Task details — Report every line in the listing that contains the string "ghost".

── Input ──

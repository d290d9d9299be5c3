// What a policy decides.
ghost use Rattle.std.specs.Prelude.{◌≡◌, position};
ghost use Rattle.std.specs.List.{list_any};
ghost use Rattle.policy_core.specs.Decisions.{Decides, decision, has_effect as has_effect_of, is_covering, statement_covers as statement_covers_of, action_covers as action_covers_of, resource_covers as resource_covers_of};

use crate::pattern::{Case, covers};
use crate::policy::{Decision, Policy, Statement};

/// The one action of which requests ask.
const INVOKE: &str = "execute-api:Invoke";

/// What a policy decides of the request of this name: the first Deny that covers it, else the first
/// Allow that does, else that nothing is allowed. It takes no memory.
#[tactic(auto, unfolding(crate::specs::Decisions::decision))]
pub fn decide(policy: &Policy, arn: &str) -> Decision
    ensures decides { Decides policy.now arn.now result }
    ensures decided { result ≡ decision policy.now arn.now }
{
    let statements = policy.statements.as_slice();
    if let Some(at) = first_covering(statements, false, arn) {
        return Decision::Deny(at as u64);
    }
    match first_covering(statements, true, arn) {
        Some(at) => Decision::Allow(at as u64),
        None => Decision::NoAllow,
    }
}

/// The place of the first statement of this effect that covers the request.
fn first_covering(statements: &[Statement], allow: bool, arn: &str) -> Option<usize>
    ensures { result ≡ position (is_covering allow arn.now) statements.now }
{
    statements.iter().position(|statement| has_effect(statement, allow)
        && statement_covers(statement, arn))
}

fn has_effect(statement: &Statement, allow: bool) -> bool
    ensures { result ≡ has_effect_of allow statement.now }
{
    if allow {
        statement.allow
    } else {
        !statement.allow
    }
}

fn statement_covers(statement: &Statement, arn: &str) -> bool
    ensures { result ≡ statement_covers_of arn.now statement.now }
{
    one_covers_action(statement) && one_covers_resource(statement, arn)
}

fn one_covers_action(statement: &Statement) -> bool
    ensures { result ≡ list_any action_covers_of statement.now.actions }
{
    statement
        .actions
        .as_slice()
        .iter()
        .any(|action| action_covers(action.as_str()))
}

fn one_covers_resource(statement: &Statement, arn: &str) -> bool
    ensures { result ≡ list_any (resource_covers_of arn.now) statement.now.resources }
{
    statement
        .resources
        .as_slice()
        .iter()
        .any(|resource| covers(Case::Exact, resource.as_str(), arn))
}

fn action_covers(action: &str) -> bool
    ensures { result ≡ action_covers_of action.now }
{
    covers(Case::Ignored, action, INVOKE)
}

───

Result —
ghost use Rattle.std.specs.Prelude.{◌≡◌, position};
ghost use Rattle.std.specs.List.{list_any};
ghost use Rattle.policy_core.specs.Decisions.{Decides, decision, has_effect as has_effect_of, is_covering, statement_covers as statement_covers_of, action_covers as action_covers_of, resource_covers as resource_covers_of};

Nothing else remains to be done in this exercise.